Information on the cosmic microwave background - the after glow of the Big Bang - backs up the theory.
Sarkar called into question this evidence: “All of these tests are indirect, carried out in the framework of an assumed model, and the cosmic microwave background is not directly affected by dark energy.
“Actually, there is indeed a subtle effect, the late-integrated Sachs-Wolfe effect, but this has not been convincingly detected.
“It is quite possible that we are being misled and that the apparent manifestation of dark energy is a consequence of analysing the data in an oversimplified theoretical model ― one that was in fact constructed in the 1930s, long before there was any real data.”
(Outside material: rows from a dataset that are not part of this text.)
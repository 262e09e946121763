//! Jobs on their way to the hands that make the calls, and answers on their way back: two queues of one run, each under a rule that
//! every step keeps, however threads are scheduled.
#![tactic(auto)]

mod ends;
mod rule;

pub use ends::{JobHand, JobOwner, make};
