//! The rules of both queues, and what their steps tell. All of it stands in proofs alone: no value of these types is made.
use crossbeam_queue::RuledArrayQueue;
use crossbeam_queue::protocol::{Lesson, Outcome, Protocol};
use sn_boxrun::{Done, Job};
use sn_model::Run;
use sn_ruled::Known;

/// The rule of the queue of jobs, into which one pass pushes.
pub struct Jobs;

impl Protocol<Job, Known<Run, Job>> for Jobs {
    ghost use Rattle.sn_ruled.specs.Rule.{maker};
    ghost use Rattle.sn_jobs.specs.Queues.{JobRule};

    ghost holds = { JobRule };

    ghost first = { maker };
}

/// The rule of the queue of answers, from which one pass pops.
pub struct Dones;

impl Protocol<Done, Known<Run, Done>> for Dones {
    ghost use Rattle.sn_ruled.specs.Rule.{maker};
    ghost use Rattle.sn_jobs.specs.Queues.{DoneRule};

    ghost holds = { DoneRule };

    ghost first = { maker };
}

/// A push of a job.
pub struct Gives;

impl Outcome<Job, Known<Run, Job>> for Gives {
    ghost use Rattle.sn_ruled.specs.Rule.{Pushed};

    ghost then = { Pushed };
}

impl Lesson<Job, Known<Run, Job>> for Gives {
    ghost use Rattle.sn_ruled.specs.Rule.{IsLastOf};

    ghost fact = { λ v waiting. IsLastOf v.pushed waiting };
}

/// A pop of a job.
pub struct Takes;

impl Outcome<Job, Known<Run, Job>> for Takes {
    ghost use Rattle.sn_boxrun.specs.Job.{IsJobOf};
    ghost use Rattle.sn_ruled.specs.Rule.{Popped};

    ghost then = { Popped IsJobOf };
}

impl Lesson<Job, Known<Run, Job>> for Takes {
    ghost use Rattle.sn_jobs.specs.Queues.{JobMoment};

    ghost fact = { JobMoment };
}

/// A push of an answer.
pub struct Answers;

impl Outcome<Done, Known<Run, Done>> for Answers {
    ghost use Rattle.sn_ruled.specs.Rule.{Pushed};

    ghost then = { Pushed };
}

impl Lesson<Done, Known<Run, Done>> for Answers {
    ghost use Rattle.sn_jobs.specs.Queues.{DoneMoment};

    ghost fact = { DoneMoment };
}

/// A pop of an answer.
pub struct Collects;

impl Outcome<Done, Known<Run, Done>> for Collects {
    ghost use Rattle.sn_jobs.specs.Queues.{IsDoneOf};
    ghost use Rattle.sn_ruled.specs.Rule.{Popped};

    ghost then = { Popped IsDoneOf };
}

impl Lesson<Done, Known<Run, Done>> for Collects {
    ghost use Rattle.sn_jobs.specs.Queues.{DoneMoment};

    ghost fact = { DoneMoment };
}

pub type JobLine = RuledArrayQueue<Job, Known<Run, Job>, Jobs>;

pub type DoneLine = RuledArrayQueue<Done, Known<Run, Done>, Dones>;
He called for scientists to explore an alternative model for the cosmos:
“A more sophisticated theoretical framework accounting for the observation that the universe is not exactly homogeneous and that its matter content may not behave as an ideal gas ― two key assumptions of standard cosmology ― may well be able to account for all observations without requiring dark energy.
“Indeed, vacuum energy is something of which we have absolutely no understanding in fundamental theory.”
Professor Sarkar added: “Naturally, a lot of work will be necessary to convince the physics community of this, but our work serves to demonstrate that a key pillar of the standard cosmological model is rather shaky.
“Hopefully this will motivate better analyses of cosmological data, as well as inspiring theorists to investigate more nuanced cosmological models.”
Professor Sarkar suggested that the European Extremely Large Telescope would make “significant progress” in observing whether the expansion rate is accelerating when it comes online.